# Before Hildegard von Bingen?



## aioriacont (Jul 23, 2018)

I found her music to be interesting, though it is not so much in my personal taste.
But there's a heavenly quality to it, I just need to get more used to homophony.
Anyway, the only known composer before her that I found some stuff to listen to is "Kassia".
Are there others with a somehow established recording to listen to that are from an even older generation than HvB?


----------



## Mandryka (Feb 22, 2013)

There is lots of music - church music and popular music -- and lots of recordings, but very often the name of the composer isn't known.

A good place to start is with Fulbert of Chartres, this is worth hearing









Another contemporary of Hildegard was Abelard. Here are some notes I made on his Planctus David (Dolorum Solatium) which should give you some direction exploring recordings



> Its form is repetitive and the melody is simple enough to risk becoming irritating. It is long, and the audience of today doesn't have a spontaneous understanding of oral Latin.
> 
> Despite these performance challenges, I've found these versions, have I missed any?
> 
> ...


----------



## hammeredklavier (Feb 18, 2018)




----------



## aioriacont (Jul 23, 2018)

Mandryka said:


> There is lots of music - church music and popular music -- and lots of recordings, but very often the name of the composer isn't known.
> 
> A good place to start is with Fulbert of Chartres, this is worth hearing
> 
> ...


thanks a lot! Organum: Solem Justitie by Fulbert of Chartres is wonderful!


----------



## Mandryka (Feb 22, 2013)

aioriacont said:


> thanks a lot! Organum: Solem Justitie by Fulbert of Chartres is wonderful!


In that organum she uses a drone to give a sense of stillness which contrasts with the lively upper voices very effectively.

Another ensemble worth exploring is Sequentia. And there are lots of interesting recordings from Venance Fortunat, always sensual.

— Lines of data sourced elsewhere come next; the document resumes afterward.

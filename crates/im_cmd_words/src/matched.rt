ghost use Rattle.std.specs.Prelude.{◌≡◌, ◌≤◌, IfSome, codes, option_map};
ghost use Rattle.clap.specs.Words.{first_of, found_of, rows_of, subcommand_rows_of};
ghost use Rattle.im_cmd_words.specs.Named.{asked, asked_by, build_asked, building_asked};
ghost use Rattle.im_cmd_words.specs.Named.{check_asked, dump_asked, exec_asked, gen_asked};
ghost use Rattle.im_cmd_words.specs.Named.{eval_asked, evaluation_asked, evaluation_meaning};
ghost use Rattle.im_cmd_words.specs.Named.{HasBounds, IsInBounds, is_set, meaning, number_asked};
ghost use Rattle.im_cmd_words.specs.Named.{options_asked, options_meaning, report_asked, run_asked};
ghost use Rattle.im_cmd_words.specs.Named.{upgrade_asked};
ghost use Rattle.im_cmd_words.specs.Numbers.{optional_between};

use crate::number::{number_between, plain_number};
use crate::{BuildOptions, Command, EvalOptions, RunOptions};
use clap::ArgMatches;

/// The value of the operand or option of this name, where the words give one.
fn value_of<'a>(found: &ArgMatches<'a>, name: &str) -> Option<&'a str>
    ensures { option_map (λ s. s.now) result ≡ first_of name.now (rows_of (found_of found.now)) }
{
    found.get_str(name)
}

/// Whether the flag of this name is among the words.
fn is_set(found: &ArgMatches<'_>, name: &str) -> bool
    ensures { result ≡ is_set name.now (rows_of (found_of found.now)) }
{
    value_of(found, name).is_some_and(|text| text == "true")
}

fn run_options<'a>(found: &ArgMatches<'a>) -> Option<RunOptions<'a>>
    ensures { option_map options_meaning result ≡ options_asked (rows_of (found_of found.now)) }
{
    let steps = plain_number(value_of(found, "steps")?)?;
    Some(RunOptions {
        input: value_of(found, "input"),
        trace: value_of(found, "trace"),
        steps,
        vars: is_set(found, "vars"),
        save: value_of(found, "save"),
    })
}

fn eval_options<'a>(found: &ArgMatches<'a>) -> Option<EvalOptions<'a>>
    ensures { option_map evaluation_meaning result
        ≡ evaluation_asked (rows_of (found_of found.now)) }
{
    let fuel = plain_number(value_of(found, "fuel")?)?;
    let input = value_of(found, "input");
    let vars = is_set(found, "vars");
    Some(EvalOptions { input, fuel, vars })
}

/// The number that the option or operand of this name has.
fn number_of(found: &ArgMatches<'_>, name: &str, least: u32, most: u32) -> Option<u32>
    ensures number { result ≡ number_asked name.now least most (rows_of (found_of found.now)) }
    ensures least { IfSome result (λ number. least ≤ number) }
    ensures most { IfSome result (λ number. number ≤ most) }
{
    number_between(value_of(found, name)?, least, most)
}

/// The longest gap that is asked for; `Some(None)` where the words ask for none.
fn gap_of(found: &ArgMatches<'_>) -> Option<Option<u32>>
    ensures gap { result ≡ optional_between 160 1000000
        (first_of (codes "max-gap") (rows_of (found_of found.now))) }
    ensures bounds { IfSome result (λ gap. IfSome gap (λ gap. (160 ≤ gap) × (gap ≤ 1000000))) }
{
    match value_of(found, "max-gap") {
        Some(text) => {
            let gap = number_between(text, 160, 1_000_000)?;
            Some(Some(gap))
        }
        None => Some(None),
    }
}

fn build_options(found: &ArgMatches<'_>) -> Option<BuildOptions>
    ensures asked { result ≡ building_asked (rows_of (found_of found.now)) }
    ensures bounds { IfSome result IsInBounds }
{
    let stack = number_of(found, "stack", 256, 1_048_576)?;
    let out_cap = number_of(found, "out-cap", 0, 1_048_576)?;
    let max_gap = gap_of(found)?;
    Some(BuildOptions {
        stack,
        out_cap,
        max_gap,
    })
}

fn build_command<'a>(found: &ArgMatches<'a>) -> Option<Command<'a>>
    ensures asked { option_map meaning result ≡ build_asked (rows_of (found_of found.now)) }
    ensures bounds { IfSome result HasBounds }
{
    let building = build_options(found)?;
    let source = value_of(found, "SRC")?;
    let image = value_of(found, "IMG")?;
    Some(Command::Build {
        source,
        image,
        building,
    })
}

fn run_command<'a>(found: &ArgMatches<'a>) -> Option<Command<'a>>
    ensures asked { option_map meaning result ≡ run_asked (rows_of (found_of found.now)) }
    ensures bounds { IfSome result HasBounds }
{
    let building = build_options(found)?;
    let options = run_options(found)?;
    let source = value_of(found, "SRC")?;
    let image = value_of(found, "IMG")?;
    Some(Command::Run {
        source,
        image,
        building,
        options,
    })
}

fn exec_command<'a>(found: &ArgMatches<'a>) -> Option<Command<'a>>
    ensures asked { option_map meaning result ≡ exec_asked (rows_of (found_of found.now)) }
    ensures bounds { IfSome result HasBounds }
{
    let options = run_options(found)?;
    let image = value_of(found, "IMG")?;
    let resume = value_of(found, "resume");
    Some(Command::Exec {
        image,
        options,
        resume,
    })
}

fn dump_command<'a>(found: &ArgMatches<'a>) -> Option<Command<'a>>
    ensures asked { option_map meaning result ≡ dump_asked (rows_of (found_of found.now)) }
    ensures bounds { IfSome result HasBounds }
{
    let image = value_of(found, "IMG")?;
    Some(Command::Dump { image })
}

fn upgrade_command<'a>(found: &ArgMatches<'a>) -> Option<Command<'a>>
    ensures asked { option_map meaning result ≡ upgrade_asked (rows_of (found_of found.now)) }
    ensures bounds { IfSome result HasBounds }
{
    let old = value_of(found, "IN")?;
    let new = value_of(found, "OUT")?;
    Some(Command::Upgrade { old, new })
}

fn report_command<'a>(found: &ArgMatches<'a>) -> Option<Command<'a>>
    ensures asked { option_map meaning result ≡ report_asked (rows_of (found_of found.now)) }
    ensures bounds { IfSome result HasBounds }
{
    let building = build_options(found)?;
    let source = value_of(found, "SRC")?;
    Some(Command::Report { source, building })
}

fn eval_command<'a>(found: &ArgMatches<'a>) -> Option<Command<'a>>
    ensures asked { option_map meaning result ≡ eval_asked (rows_of (found_of found.now)) }
    ensures bounds { IfSome result HasBounds }
{
    let building = build_options(found)?;
    let options = eval_options(found)?;
    let source = value_of(found, "SRC")?;
    Some(Command::Eval {
        source,
        building,
        options,
    })
}

fn gen_command<'a>(found: &ArgMatches<'a>) -> Option<Command<'a>>
    ensures asked { option_map meaning result ≡ gen_asked (rows_of (found_of found.now)) }
    ensures bounds { IfSome result HasBounds }
{
    let count = number_of(found, "N", 1, 300)?;
    Some(Command::Gen { count })
}

fn check_command<'a>(found: &ArgMatches<'a>) -> Option<Command<'a>>
    ensures asked { option_map meaning result ≡ check_asked (rows_of (found_of found.now)) }
    ensures bounds { IfSome result HasBounds }
{
    let source = value_of(found, "SRC")?;
    Some(Command::Check { source })
}

/// The command of this name, with what was found for the words after it.
fn command_of<'a>(name: &str, found: &ArgMatches<'a>) -> Option<Command<'a>>
    ensures asked { option_map meaning result ≡ asked_by name.now (rows_of (found_of found.now)) }
    ensures bounds { IfSome result HasBounds }
{
    match name {
        "build" => build_command(found),
        "run" => run_command(found),
        "exec" => exec_command(found),
        "dump" => dump_command(found),
        "upgrade" => upgrade_command(found),
        "report" => report_command(found),
        "eval" => eval_command(found),
        "gen" => gen_command(found),
        "check" => check_command(found),
        _ => None,
    }
}

/// What the table's matches ask for.
pub(crate) fn matched_command<'a>(matches: &ArgMatches<'a>) -> Option<Command<'a>>
    ensures asked { option_map meaning result ≡ asked (subcommand_rows_of matches.now) }
    ensures bounds { IfSome result HasBounds }
{
    let (name, found) = matches.subcommand()?;
    command_of(name, found)
}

Here are the notes (unproofed) from the Fulbert of Chartres CD



> FULBERT OF CHARTRES
> 
> Fulbert, born around 960 in Italy, of a poor family (pauper de sorde levatus ), did brilliant studies in art and science in a French cathedral school. It is not certain whether he was the disciple of Gerbert, but he must have known the works of this erudite scholarfrom Reims, as copies of them were found in the manuscripts at the School of Chartres: towards 987, and certainly before 992, Fulbert was teaching liberal arts in this famous school. He drew from his study of the classical poets the models for the formal perfection of poetry and in the De Institutione Musica by Boethius, he found the technical rules of music: his competence in musical theory is evident in his commentaries found in the margin of some copies of this ancient musical treatise.
> In 1006 chosen by Robert the Pious who had been crowned at Orleans on 25 December 987, he was consecrated as bishop of Chartres by his former fellow student Leothric, archbishop of Sens. On 7 September 1020, the romanesque cathedral at Chartres was destroyed by fire. Fulbert undertook its reconstruction, and salvaged the ancient royal portal which still bears today the symbolic representation of music and mathematics. For the ded-ication of the new cathedrah Fulbert composed three responses, and these were rapidly diffused and sung around the Christian world - as early as the 11th century they are already foundfrom Aquitaine to the far corner of Bavaria, in St Emmeran-de-Ratisbonne. Six years after his journey to Rome in 1022, Fulbert died on the 10 April 1028, leaving behind the memory of an enthusiastic pastor, a wildly known scholar, and a talented com-poser and poet.
> ...


----------



## classical yorkist (Jun 29, 2017)

Mandryka said:


> There is lots of music - church music and popular music -- and lots of recordings, but very often the name of the composer isn't known.
> 
> A good place to start is with Fulbert of Chartres, this is worth hearing
> 
> View attachment 138370


Thanks for this suggestion, really interesting listening. Some very interesting discordance. At one time I thought I was listening to Ligeti.


----------



## SanAntone (May 10, 2020)

aioriacont said:


> I found her music to be interesting, though it is not so much in my personal taste.
> But there's a heavenly quality to it, I just need to get more used to homophony.
> Anyway, the only known composer before her that I found some stuff to listen to is "Kassia".
> Are there others with a somehow established recording to listen to that are from an even older generation than HvB?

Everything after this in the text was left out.